**Directions:** Each record must appear in your answer exactly as it does below.

□ □ □ □ □

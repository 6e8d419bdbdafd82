//! The names on a circle.
ghost use Rattle.std.specs.Prelude.{◌≡◌, ◌+◌, ◌++◌, ◌<◌, ◌≤◌, ◌≢◌, IfOk, drop, length, slice_get};
ghost use Rattle.std.specs.Prelude.{take, Some, ℕ, [], ◌∷◌};
ghost use Rattle.std.specs.declared.cmp.Ordering.TheVariants.{Less, Greater};
ghost use Rattle.std.specs.Bool.{OnTrue, OnFalse};
ghost use Rattle.gb_provider.specs.Names.{label, names_of, names_on, names_order, IsLeastRound};

use crate::expression::Expression;
use gb_core::text::{Text, Texts};
use std::alloc::{AllocError, Global};
use std::cmp::Ordering;

fn label(alloc: Global, owner: &str, name: &str) -> Result<Text, AllocError>
    ensures { IfOk result (λ text. text ≡ label owner.now name.now) }
{
    let mut text = String::from_str(alloc, owner)?;
    text.push_str("#")?;
    text.push_str(name)?;
    Text::new(text)
}

/// Appends the text that a circle shows of an owner and a name.
fn push_label(alloc: Global, owner: &str, name: &str, names: &mut Texts) -> Result<(), AllocError>
    ensures { IfOk result (λ _. names.new ≡ names.old ++ label owner.now name.now ∷ []) }
{
    names.push(label(alloc, owner, name)?)?;
    Ok(())
}

/// Appends the name of a property or an output.
fn push_name<M, F, Z>(
    alloc: Global,
    node: &Expression<M, F, Z>,
    names: &mut Texts,
) -> Result<(), AllocError>
    ensures { IfOk result (λ _. names.new ≡ names.old ++ names_of (Some node.now)) }
{
    match node {
        Expression::OfProperty(property) => {
            push_label(
                alloc,
                property.project.as_str(),
                property.name.as_str(),
                names,
            )
        }
        Expression::OfOutput(output) => {
            let chosen = &output.chosen;
            push_label(alloc, chosen.task.as_str(), chosen.output.as_str(), names)
        }
        Expression::Constant(_) => Ok(()),
        Expression::Listed(_) => Ok(()),
        Expression::Mapped(_, _) => Ok(()),
        Expression::FlatMapped(_, _) => Ok(()),
        Expression::Zipped(_, _, _) => Ok(()),
        Expression::OrElse(_, _) => Ok(()),
    }
}

fn push_name_at<M, F, Z>(
    alloc: Global,
    nodes: &[Expression<M, F, Z>],
    number: usize,
    names: &mut Texts,
) -> Result<(), AllocError>
    ensures { IfOk result (λ _. names.new ≡ names.old ++ names_of (slice_get nodes.now number)) }
{
    match nodes.get(number) {
        Some(node) => push_name(alloc, node, names)?,
        None => {}
    }
    Ok(())
}

/// The names along these expressions.
fn names_on<M, F, Z>(
    alloc: Global,
    nodes: &[Expression<M, F, Z>],
    circle: &[usize],
) -> Result<Texts, AllocError>
    ensures { IfOk result (λ names. names ≡ names_on nodes.now circle.now) }
{
    let mut names = Texts::new(alloc);
    for number in circle {
        push_name_at(alloc, nodes, *number, &mut names)?;
    }
    Ok(names)
}

/// Whether the rotation of `count` names at one position precedes that at another.
fn is_before(names: &[Text], count: usize, place: usize, other: usize) -> bool
    requires place { place + count ≤ length names.now }
    requires other { other + count ≤ length names.now }
    ensures before { OnTrue result
        (names_order (take count (drop place names.now)) (take count (drop other names.now)) ≡ Less) }
    ensures not_before { OnFalse result
        (names_order (take count (drop other names.now)) (take count (drop place names.now)) ≢ Greater) }
{
    let round = &names[place..place + count];
    match round.cmp(&names[other..other + count]) {
        Ordering::Less => true,
        Ordering::Equal => false,
        Ordering::Greater => false,
    }
}

/// The position of the least rotation of `count` names, which the list contains twice in a row.
fn least_place(names: &[Text], count: usize) -> usize
    requires { count + count ≡ length names.now }
    ensures within { result ≤ count }
    ensures least { (k : ℕ) → k < count
        → names_order (take count (drop result names.now)) (take count (drop k names.now)) ≢ Greater }
{
    let mut least = 0;
    for i in 0..count {
        if is_before(names, count, i, least) {
            least = i;
        }
    }
    least
}

/// Appends copies of texts.
fn push_copies(texts: &[Text], to: &mut Texts) -> Result<(), AllocError>
    ensures { IfOk result (λ _. to.new ≡ to.old ++ texts.now) }
{
    for text in texts {
        to.push(text.copy()?)?;
    }
    Ok(())
}

/// The least rotation of names.
fn least_round(alloc: Global, names: Texts) -> Result<Texts, AllocError>
    ensures { IfOk result (λ round. IsLeastRound names round) }
{
    let count = names.as_slice().len();
    let mut twice = names.copy(alloc)?;
    twice.append(names)?;
    let least = least_place(twice.as_slice(), count);
    let mut round = Texts::new(alloc);
    push_copies(&twice.as_slice()[least..least + count], &mut round)?;
    Ok(round)
}

/// The names on a circle: the least of their rotations, in the order by bytes.
pub(crate) fn circle_names<M, F, Z>(
    alloc: Global,
    nodes: &[Expression<M, F, Z>],
    circle: &[usize],
) -> Result<Texts, AllocError>
    ensures { IfOk result (λ names. IsLeastRound (names_on nodes.now circle.now) names) }
{
    let names = names_on(alloc, nodes, circle)?;
    let round = least_round(alloc, names)?;
    Ok(round)
}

□ □ □ □ □

**Reply to the task:**
repository 6e8d419bdbdafd82
//! The names on a circle.
ghost use Rattle.std.specs.Prelude.{◌≡◌, ◌+◌, ◌++◌, ◌<◌, ◌≤◌, ◌≢◌, IfOk, drop, length, slice_get};
ghost use Rattle.std.specs.Prelude.{take, Some, ℕ, [], ◌∷◌};
ghost use Rattle.std.specs.declared.cmp.Ordering.TheVariants.{Less, Greater};
ghost use Rattle.std.specs.Bool.{OnTrue, OnFalse};
ghost use Rattle.gb_provider.specs.Names.{label, names_of, names_on, names_order, IsLeastRound};

use crate::expression::Expression;
use gb_core::text::{Text, Texts};
use std::alloc::{AllocError, Global};
use std::cmp::Ordering;

fn label(alloc: Global, owner: &str, name: &str) -> Result<Text, AllocError>
    ensures { IfOk result (λ text. text ≡ label owner.now name.now) }
{
    let mut text = String::from_str(alloc, owner)?;
    text.push_str("#")?;
    text.push_str(name)?;
    Text::new(text)
}

/// Appends the text that a circle shows of an owner and a name.
fn push_label(alloc: Global, owner: &str, name: &str, names: &mut Texts) -> Result<(), AllocError>
    ensures { IfOk result (λ _. names.new ≡ names.old ++ label owner.now name.now ∷ []) }
{
    names.push(label(alloc, owner, name)?)?;
    Ok(())
}

/// Appends the name of a property or an output.
fn push_name<M, F, Z>(
    alloc: Global,
    node: &Expression<M, F, Z>,
    names: &mut Texts,
) -> Result<(), AllocError>
    ensures { IfOk result (λ _. names.new ≡ names.old ++ names_of (Some node.now)) }
{
    match node {
        Expression::OfProperty(property) => {
            push_label(
                alloc,
                property.project.as_str(),
                property.name.as_str(),
                names,
            )
        }
        Expression::OfOutput(output) => {
            let chosen = &output.chosen;
            push_label(alloc, chosen.task.as_str(), chosen.output.as_str(), names)
        }
        Expression::Constant(_) => Ok(()),
        Expression::Listed(_) => Ok(()),
        Expression::Mapped(_, _) => Ok(()),
        Expression::FlatMapped(_, _) => Ok(()),
        Expression::Zipped(_, _, _) => Ok(()),
        Expression::OrElse(_, _) => Ok(()),
    }
}

fn push_name_at<M, F, Z>(
    alloc: Global,
    nodes: &[Expression<M, F, Z>],
    number: usize,
    names: &mut Texts,
) -> Result<(), AllocError>
    ensures { IfOk result (λ _. names.new ≡ names.old ++ names_of (slice_get nodes.now number)) }
{
    match nodes.get(number) {
        Some(node) => push_name(alloc, node, names)?,
        None => {}
    }
    Ok(())
}

/// The names along these expressions.
fn names_on<M, F, Z>(
    alloc: Global,
    nodes: &[Expression<M, F, Z>],
    circle: &[usize],
) -> Result<Texts, AllocError>
    ensures { IfOk result (λ names. names ≡ names_on nodes.now circle.now) }
{
    let mut names = Texts::new(alloc);
    for number in circle {
        push_name_at(alloc, nodes, *number, &mut names)?;
    }
    Ok(names)
}

/// Whether the rotation of `count` names at one position precedes that at another.
fn is_before(names: &[Text], count: usize, place: usize, other: usize) -> bool
    requires place { place + count ≤ length names.now }
    requires other { other + count ≤ length names.now }
    ensures before { OnTrue result
        (names_order (take count (drop place names.now)) (take count (drop other names.now)) ≡ Less) }
    ensures not_before { OnFalse result
        (names_order (take count (drop other names.now)) (take count (drop place names.now)) ≢ Greater) }
{
    let round = &names[place..place + count];
    match round.cmp(&names[other..other + count]) {
        Ordering::Less => true,
        Ordering::Equal => false,
        Ordering::Greater => false,
    }
}

/// The position of the least rotation of `count` names, which the list contains twice in a row.
fn least_place(names: &[Text], count: usize) -> usize
    requires { count + count ≡ length names.now }
    ensures within { result ≤ count }
    ensures least { (k : ℕ) → k < count
        → names_order (take count (drop result names.now)) (take count (drop k names.now)) ≢ Greater }
{
    let mut least = 0;
    for i in 0..count {
        if is_before(names, count, i, least) {
            least = i;
        }
    }
    least
}

/// Appends copies of texts.
fn push_copies(texts: &[Text], to: &mut Texts) -> Result<(), AllocError>
    ensures { IfOk result (λ _. to.new ≡ to.old ++ texts.now) }
{
    for text in texts {
        to.push(text.copy()?)?;
    }
    Ok(())
}

/// The least rotation of names.
fn least_round(alloc: Global, names: Texts) -> Result<Texts, AllocError>
    ensures { IfOk result (λ round. IsLeastRound names round) }
{
    let count = names.as_slice().len();
    let mut twice = names.copy(alloc)?;
    twice.append(names)?;
    let least = least_place(twice.as_slice(), count);
    let mut round = Texts::new(alloc);
    push_copies(&twice.as_slice()[least..least + count], &mut round)?;
    Ok(round)
}

/// The names on a circle: the least of their rotations, in the order by bytes.
pub(crate) fn circle_names<M, F, Z>(
    alloc: Global,
    nodes: &[Expression<M, F, Z>],
    circle: &[usize],
) -> Result<Texts, AllocError>
    ensures { IfOk result (λ names. IsLeastRound (names_on nodes.now circle.now) names) }
{
    let names = names_on(alloc, nodes, circle)?;
    let round = least_round(alloc, names)?;
    Ok(round)
}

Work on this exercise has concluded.